Recorded data:
----

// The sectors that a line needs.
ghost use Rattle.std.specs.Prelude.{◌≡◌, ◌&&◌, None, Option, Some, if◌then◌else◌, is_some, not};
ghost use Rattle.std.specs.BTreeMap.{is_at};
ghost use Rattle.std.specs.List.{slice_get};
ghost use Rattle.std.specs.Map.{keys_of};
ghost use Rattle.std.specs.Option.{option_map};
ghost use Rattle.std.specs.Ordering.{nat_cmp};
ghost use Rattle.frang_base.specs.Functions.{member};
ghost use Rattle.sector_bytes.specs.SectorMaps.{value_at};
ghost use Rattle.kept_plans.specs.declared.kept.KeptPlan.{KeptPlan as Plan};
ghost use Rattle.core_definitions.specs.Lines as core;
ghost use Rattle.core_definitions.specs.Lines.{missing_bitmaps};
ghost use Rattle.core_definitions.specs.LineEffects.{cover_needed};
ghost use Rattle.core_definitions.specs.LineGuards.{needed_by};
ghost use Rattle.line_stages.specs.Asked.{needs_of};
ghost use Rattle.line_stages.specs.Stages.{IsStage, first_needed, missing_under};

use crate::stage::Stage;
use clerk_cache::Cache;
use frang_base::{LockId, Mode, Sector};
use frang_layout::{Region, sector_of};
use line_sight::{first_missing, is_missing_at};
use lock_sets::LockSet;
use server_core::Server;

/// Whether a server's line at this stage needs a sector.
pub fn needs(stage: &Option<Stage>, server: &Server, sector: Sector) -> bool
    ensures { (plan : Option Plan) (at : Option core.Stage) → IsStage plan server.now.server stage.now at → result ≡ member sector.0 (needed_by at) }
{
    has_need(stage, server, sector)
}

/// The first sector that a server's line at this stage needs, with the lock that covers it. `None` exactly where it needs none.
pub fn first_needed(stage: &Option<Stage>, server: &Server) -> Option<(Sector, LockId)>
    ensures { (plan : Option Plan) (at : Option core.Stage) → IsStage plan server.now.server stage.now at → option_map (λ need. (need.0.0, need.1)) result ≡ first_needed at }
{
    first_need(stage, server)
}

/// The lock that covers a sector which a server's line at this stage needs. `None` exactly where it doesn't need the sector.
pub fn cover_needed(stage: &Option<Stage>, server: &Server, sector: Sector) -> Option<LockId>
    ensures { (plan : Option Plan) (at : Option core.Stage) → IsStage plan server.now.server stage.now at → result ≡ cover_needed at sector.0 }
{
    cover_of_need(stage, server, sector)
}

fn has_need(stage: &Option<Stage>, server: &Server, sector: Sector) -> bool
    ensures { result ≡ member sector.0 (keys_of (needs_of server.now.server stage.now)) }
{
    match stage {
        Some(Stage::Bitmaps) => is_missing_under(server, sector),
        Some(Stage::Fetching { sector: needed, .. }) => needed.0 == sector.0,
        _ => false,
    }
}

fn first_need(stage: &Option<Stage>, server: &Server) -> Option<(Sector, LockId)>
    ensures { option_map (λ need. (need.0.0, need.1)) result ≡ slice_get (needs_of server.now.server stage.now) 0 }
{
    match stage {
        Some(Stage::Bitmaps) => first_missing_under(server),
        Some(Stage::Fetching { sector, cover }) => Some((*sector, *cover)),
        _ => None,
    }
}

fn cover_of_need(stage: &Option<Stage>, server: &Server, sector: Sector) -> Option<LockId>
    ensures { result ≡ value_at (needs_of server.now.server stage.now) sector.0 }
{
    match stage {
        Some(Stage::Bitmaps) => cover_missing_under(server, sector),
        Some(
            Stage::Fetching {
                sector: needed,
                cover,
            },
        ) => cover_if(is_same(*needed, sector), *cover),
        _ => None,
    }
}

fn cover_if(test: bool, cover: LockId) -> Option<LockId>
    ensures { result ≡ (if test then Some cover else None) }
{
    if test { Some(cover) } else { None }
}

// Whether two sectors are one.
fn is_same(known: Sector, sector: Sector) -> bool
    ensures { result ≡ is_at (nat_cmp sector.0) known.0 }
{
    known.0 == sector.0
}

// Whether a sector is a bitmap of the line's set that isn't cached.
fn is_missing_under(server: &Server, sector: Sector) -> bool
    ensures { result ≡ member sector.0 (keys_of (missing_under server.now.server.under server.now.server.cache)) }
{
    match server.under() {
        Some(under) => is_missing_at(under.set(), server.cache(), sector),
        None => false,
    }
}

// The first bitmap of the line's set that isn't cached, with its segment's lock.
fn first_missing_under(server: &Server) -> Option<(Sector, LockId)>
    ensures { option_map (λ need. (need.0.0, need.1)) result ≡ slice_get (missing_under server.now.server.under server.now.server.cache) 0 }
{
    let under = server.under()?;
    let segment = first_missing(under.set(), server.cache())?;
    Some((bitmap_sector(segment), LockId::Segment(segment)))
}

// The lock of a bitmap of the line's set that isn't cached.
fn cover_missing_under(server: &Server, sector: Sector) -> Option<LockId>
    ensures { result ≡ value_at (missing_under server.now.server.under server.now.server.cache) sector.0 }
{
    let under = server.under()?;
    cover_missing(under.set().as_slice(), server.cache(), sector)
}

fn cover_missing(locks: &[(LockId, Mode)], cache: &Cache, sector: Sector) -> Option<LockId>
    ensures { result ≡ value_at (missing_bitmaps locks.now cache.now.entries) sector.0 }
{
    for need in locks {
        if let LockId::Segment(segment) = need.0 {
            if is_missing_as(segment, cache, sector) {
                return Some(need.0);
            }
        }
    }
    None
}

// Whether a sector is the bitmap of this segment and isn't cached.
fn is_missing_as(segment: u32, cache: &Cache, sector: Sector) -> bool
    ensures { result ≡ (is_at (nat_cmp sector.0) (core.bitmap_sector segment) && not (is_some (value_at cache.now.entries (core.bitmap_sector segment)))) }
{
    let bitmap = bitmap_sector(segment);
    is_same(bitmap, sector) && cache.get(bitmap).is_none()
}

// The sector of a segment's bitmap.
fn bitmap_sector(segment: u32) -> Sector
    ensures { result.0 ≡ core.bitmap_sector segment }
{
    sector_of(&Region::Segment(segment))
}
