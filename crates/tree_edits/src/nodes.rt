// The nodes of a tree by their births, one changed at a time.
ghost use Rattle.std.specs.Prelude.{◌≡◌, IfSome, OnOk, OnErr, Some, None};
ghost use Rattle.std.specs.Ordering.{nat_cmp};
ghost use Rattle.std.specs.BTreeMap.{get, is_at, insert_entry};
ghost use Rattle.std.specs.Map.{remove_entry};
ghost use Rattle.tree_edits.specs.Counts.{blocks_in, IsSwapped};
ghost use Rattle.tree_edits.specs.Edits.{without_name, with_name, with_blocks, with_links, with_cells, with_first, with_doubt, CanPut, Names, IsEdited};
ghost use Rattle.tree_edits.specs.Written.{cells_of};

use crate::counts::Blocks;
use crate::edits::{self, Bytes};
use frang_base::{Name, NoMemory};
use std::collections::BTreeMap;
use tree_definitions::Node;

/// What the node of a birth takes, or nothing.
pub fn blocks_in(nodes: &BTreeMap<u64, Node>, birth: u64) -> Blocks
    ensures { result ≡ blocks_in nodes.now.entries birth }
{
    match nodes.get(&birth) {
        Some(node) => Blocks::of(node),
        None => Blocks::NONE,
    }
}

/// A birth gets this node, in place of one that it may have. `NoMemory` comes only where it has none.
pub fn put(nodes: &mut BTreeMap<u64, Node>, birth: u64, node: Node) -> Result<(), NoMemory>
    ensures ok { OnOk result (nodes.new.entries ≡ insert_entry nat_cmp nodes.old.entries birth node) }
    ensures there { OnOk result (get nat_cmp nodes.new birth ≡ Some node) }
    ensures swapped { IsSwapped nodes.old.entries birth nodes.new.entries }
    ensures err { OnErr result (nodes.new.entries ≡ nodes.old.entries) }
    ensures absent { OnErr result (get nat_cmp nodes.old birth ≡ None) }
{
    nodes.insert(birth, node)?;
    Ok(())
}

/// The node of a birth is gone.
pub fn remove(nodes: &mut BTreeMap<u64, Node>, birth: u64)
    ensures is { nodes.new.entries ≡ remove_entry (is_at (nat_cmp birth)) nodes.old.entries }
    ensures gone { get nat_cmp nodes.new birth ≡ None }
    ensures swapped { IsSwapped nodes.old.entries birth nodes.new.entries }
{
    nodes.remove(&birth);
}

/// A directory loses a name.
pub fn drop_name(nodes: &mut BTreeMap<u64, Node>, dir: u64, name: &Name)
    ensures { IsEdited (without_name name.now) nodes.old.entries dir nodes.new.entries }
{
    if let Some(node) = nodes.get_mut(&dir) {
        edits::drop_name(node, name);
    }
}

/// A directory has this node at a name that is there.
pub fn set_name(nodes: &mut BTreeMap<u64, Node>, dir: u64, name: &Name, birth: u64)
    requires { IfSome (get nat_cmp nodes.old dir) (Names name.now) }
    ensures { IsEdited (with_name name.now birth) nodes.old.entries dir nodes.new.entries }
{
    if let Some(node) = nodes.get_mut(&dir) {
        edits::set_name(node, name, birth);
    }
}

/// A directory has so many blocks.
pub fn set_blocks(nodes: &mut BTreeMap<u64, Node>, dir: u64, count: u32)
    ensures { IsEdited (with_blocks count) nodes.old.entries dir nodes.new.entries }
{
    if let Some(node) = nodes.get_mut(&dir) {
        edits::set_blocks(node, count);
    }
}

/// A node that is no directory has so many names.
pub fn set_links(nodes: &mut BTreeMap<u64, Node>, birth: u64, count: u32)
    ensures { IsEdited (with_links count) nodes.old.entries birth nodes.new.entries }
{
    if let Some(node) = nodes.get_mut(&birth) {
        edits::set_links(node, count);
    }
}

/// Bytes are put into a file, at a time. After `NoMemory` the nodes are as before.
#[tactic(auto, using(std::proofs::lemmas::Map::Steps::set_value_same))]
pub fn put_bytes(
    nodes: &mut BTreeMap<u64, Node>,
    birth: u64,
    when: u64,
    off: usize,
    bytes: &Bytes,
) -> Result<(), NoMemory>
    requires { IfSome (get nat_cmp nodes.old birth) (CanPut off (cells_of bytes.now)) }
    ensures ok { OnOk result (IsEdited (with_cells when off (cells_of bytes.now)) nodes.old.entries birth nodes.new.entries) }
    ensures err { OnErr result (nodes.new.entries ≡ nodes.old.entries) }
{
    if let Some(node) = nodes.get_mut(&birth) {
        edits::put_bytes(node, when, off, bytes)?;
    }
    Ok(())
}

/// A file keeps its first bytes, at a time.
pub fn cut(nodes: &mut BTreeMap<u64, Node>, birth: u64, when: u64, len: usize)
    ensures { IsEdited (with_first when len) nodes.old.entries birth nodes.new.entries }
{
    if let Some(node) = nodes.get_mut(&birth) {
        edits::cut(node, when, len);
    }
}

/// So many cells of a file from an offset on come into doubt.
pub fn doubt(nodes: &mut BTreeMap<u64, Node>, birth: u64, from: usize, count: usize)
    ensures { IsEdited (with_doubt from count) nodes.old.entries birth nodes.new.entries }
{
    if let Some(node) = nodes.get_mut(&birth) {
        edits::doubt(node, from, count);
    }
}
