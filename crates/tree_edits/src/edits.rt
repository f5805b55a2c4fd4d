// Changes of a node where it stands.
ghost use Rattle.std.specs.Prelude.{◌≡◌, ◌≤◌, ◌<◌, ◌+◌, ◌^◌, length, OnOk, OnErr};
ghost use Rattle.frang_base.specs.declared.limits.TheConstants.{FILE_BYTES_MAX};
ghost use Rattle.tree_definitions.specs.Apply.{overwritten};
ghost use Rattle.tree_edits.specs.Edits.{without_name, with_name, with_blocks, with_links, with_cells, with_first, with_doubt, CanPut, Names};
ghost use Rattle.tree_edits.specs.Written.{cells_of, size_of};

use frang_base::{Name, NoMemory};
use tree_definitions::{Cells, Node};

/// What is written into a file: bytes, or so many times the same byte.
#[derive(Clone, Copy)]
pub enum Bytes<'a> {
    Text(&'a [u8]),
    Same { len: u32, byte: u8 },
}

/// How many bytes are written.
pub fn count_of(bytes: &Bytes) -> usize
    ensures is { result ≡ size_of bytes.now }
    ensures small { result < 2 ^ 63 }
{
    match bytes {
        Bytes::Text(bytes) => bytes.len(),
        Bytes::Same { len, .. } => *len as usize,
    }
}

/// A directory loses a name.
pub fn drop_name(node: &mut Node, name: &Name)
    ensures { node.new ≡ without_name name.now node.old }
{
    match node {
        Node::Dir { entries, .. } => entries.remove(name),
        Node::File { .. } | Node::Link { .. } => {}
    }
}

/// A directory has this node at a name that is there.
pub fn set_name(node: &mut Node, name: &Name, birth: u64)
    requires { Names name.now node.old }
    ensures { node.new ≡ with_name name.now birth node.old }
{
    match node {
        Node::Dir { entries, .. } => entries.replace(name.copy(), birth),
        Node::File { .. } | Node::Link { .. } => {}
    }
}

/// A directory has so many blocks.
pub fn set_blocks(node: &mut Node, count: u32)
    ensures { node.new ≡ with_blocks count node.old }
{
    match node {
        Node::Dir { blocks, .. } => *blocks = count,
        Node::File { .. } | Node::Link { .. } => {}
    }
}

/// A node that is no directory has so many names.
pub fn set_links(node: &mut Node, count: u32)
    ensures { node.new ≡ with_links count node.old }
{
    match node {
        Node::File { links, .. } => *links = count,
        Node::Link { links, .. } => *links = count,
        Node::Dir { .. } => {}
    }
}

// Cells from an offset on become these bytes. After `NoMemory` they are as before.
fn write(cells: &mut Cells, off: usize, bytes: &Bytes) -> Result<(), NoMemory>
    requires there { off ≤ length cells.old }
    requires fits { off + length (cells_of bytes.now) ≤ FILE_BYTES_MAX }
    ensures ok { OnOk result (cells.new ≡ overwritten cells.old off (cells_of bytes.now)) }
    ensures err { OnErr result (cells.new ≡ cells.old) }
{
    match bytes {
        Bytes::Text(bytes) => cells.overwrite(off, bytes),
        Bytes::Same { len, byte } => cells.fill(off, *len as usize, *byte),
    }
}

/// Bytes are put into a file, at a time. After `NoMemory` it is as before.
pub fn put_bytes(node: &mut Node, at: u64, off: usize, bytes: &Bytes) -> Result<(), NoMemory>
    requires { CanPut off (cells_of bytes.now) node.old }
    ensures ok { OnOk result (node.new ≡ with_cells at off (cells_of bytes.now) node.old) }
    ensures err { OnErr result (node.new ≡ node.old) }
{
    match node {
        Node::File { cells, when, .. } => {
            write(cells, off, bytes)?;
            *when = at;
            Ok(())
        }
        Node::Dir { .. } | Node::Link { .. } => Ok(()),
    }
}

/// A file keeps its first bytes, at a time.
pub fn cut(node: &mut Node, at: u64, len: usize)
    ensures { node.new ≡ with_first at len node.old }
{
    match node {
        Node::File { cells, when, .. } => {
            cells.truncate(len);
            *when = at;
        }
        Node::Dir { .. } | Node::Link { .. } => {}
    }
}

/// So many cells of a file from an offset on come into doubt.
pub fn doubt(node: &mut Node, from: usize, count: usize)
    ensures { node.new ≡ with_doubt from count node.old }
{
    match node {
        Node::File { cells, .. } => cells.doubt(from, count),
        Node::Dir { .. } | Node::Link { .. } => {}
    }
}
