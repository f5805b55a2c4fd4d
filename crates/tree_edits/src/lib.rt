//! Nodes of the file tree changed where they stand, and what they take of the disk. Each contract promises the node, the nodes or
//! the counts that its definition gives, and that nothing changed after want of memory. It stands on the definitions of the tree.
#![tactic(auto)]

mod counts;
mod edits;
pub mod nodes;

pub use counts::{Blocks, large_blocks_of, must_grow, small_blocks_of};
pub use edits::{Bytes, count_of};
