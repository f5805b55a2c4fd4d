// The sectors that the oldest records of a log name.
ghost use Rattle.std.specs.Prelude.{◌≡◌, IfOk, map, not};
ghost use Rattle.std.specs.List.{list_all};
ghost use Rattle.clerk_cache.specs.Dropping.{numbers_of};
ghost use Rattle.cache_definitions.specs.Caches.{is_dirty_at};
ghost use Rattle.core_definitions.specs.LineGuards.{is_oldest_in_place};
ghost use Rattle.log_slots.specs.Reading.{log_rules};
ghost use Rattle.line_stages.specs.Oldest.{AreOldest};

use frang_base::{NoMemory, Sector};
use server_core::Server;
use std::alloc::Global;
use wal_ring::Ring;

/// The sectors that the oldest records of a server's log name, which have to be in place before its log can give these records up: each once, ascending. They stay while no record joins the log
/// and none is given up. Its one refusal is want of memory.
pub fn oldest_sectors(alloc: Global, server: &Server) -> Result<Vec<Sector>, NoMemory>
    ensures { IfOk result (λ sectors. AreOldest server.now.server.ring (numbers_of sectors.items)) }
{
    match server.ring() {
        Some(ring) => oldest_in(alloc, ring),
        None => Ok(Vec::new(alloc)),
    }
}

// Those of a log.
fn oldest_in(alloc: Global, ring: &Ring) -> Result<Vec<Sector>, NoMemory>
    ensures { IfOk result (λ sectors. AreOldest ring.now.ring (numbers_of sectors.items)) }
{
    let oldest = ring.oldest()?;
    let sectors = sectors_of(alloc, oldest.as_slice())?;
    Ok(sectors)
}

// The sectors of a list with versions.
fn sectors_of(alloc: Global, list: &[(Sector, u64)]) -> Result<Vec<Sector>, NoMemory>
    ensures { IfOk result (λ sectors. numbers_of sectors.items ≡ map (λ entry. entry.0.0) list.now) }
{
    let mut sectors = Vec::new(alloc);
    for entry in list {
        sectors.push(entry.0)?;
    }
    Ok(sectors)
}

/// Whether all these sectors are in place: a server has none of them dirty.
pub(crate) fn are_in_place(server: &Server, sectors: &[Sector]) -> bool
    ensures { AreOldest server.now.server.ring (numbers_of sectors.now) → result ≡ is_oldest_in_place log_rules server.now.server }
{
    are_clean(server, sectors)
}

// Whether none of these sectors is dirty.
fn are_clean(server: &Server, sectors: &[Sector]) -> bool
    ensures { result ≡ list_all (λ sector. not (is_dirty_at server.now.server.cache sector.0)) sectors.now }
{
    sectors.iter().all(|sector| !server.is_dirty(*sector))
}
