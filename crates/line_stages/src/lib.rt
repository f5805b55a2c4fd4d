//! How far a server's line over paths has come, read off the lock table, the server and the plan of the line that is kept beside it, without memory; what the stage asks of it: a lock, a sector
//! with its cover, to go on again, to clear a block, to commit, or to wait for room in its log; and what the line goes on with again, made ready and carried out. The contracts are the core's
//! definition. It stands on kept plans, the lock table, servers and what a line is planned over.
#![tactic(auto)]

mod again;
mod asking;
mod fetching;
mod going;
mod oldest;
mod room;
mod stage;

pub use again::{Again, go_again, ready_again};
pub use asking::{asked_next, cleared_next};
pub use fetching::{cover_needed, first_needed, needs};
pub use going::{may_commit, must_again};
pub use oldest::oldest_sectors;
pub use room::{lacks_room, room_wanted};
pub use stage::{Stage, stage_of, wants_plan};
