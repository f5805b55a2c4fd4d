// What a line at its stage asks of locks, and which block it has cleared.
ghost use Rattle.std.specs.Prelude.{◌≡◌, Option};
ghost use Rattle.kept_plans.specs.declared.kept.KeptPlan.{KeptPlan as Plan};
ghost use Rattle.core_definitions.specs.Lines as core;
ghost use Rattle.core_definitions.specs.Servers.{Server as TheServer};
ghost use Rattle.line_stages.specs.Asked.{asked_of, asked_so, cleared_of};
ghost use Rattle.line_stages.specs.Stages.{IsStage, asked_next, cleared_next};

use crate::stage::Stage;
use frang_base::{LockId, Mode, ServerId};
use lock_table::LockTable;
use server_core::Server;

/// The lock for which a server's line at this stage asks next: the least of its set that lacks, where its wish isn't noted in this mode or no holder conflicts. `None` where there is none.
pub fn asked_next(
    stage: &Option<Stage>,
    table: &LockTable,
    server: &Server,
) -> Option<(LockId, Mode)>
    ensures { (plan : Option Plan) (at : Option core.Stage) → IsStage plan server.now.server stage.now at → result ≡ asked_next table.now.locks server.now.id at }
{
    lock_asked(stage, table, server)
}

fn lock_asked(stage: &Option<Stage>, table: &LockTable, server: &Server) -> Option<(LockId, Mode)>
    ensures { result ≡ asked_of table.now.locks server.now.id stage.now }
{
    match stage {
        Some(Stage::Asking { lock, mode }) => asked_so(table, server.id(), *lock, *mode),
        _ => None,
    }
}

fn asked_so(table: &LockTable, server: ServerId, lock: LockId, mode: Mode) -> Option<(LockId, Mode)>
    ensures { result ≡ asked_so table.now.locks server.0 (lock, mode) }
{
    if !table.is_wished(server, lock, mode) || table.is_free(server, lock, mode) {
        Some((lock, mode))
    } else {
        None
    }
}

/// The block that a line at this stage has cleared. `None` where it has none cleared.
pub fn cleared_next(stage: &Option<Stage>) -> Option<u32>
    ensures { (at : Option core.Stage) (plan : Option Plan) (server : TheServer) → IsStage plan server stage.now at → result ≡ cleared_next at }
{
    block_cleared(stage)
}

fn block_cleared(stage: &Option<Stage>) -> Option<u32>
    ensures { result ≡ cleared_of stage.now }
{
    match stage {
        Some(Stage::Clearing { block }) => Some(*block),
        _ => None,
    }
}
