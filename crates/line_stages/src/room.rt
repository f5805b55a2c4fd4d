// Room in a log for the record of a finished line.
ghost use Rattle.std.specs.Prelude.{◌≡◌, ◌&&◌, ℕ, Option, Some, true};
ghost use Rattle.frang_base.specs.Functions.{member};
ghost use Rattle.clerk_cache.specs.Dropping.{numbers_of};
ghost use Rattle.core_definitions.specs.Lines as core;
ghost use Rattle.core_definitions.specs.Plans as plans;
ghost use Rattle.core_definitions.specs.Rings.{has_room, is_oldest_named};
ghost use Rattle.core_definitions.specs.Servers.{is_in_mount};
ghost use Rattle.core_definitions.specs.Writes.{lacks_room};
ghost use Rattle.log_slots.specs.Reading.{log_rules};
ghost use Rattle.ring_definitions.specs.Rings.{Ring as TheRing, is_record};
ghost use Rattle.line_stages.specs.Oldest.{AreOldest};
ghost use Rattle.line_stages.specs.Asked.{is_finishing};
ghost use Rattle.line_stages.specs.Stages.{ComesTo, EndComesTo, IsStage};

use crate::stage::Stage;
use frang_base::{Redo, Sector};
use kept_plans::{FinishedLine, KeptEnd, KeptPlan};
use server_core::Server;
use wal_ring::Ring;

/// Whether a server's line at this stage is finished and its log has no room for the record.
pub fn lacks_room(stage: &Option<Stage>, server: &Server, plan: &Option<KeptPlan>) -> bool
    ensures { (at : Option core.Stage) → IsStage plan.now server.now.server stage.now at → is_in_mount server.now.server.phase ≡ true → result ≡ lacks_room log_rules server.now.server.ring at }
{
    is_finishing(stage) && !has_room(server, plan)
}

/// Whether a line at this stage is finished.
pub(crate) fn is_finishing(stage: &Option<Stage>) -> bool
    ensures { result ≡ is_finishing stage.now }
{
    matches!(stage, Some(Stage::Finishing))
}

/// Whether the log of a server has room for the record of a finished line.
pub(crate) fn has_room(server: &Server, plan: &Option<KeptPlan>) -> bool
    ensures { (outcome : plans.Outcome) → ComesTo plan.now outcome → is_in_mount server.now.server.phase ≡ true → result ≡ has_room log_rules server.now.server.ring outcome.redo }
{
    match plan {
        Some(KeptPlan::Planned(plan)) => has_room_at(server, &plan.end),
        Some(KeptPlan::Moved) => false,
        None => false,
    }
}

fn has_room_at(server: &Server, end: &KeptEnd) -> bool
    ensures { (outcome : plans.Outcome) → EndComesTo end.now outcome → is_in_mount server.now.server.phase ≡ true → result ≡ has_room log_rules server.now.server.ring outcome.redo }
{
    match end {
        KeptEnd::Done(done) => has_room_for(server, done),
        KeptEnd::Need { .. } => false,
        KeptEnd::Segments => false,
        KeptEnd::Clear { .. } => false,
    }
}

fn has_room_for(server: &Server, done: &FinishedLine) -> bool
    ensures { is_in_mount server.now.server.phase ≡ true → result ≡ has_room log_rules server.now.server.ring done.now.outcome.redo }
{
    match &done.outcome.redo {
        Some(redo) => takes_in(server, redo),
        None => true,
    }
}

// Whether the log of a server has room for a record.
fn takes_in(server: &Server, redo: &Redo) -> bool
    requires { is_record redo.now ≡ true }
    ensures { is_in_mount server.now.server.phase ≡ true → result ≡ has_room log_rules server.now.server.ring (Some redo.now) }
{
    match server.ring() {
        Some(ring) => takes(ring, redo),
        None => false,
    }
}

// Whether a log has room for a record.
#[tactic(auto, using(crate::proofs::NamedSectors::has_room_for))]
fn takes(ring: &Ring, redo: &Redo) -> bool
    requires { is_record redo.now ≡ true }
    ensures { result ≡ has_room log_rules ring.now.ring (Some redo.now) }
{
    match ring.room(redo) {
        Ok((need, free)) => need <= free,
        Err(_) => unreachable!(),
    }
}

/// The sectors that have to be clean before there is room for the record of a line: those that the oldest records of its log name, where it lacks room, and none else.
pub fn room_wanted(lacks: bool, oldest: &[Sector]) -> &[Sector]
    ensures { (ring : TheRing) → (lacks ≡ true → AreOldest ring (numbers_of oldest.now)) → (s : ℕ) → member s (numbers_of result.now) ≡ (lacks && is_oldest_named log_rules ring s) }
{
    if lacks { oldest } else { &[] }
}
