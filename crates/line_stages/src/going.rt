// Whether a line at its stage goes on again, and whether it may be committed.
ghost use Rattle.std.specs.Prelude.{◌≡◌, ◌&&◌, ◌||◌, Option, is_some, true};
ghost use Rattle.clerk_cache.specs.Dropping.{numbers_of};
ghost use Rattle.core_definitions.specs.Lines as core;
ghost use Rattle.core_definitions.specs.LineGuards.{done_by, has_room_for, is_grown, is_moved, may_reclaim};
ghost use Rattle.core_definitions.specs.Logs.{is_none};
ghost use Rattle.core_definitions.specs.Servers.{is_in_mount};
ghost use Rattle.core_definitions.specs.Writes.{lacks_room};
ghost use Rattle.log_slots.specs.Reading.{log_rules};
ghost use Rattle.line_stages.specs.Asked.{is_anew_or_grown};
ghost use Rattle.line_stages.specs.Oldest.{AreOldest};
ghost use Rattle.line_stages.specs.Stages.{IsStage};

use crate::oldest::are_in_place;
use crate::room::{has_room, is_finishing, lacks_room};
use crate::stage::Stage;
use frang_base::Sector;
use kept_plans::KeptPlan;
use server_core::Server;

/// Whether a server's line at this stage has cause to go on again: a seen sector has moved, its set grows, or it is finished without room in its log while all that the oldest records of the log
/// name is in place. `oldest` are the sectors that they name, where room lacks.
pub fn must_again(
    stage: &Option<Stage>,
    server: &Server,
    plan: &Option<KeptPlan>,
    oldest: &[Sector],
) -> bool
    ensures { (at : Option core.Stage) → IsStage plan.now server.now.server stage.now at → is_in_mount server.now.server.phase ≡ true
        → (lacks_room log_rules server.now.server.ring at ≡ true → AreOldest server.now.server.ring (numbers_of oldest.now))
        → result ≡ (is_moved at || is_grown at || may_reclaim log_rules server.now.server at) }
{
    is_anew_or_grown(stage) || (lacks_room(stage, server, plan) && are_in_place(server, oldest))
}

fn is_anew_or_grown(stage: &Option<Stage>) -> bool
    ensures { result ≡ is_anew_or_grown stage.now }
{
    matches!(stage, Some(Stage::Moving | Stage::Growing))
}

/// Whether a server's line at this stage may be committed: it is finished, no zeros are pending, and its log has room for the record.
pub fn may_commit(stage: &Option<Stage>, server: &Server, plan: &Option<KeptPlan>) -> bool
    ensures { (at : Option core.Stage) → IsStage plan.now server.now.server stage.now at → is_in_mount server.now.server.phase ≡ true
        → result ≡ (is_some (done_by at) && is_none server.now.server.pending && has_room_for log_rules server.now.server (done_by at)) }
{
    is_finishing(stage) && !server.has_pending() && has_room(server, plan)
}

----

What you have to do:
Go through the entries above, and wherever a line holds the word "committed", copy that line.

Output of the exercise:
// Whether a line at its stage goes on again, and whether it may be committed.
/// Whether a server's line at this stage may be committed: it is finished, no zeros are pending, and its log has room for the record.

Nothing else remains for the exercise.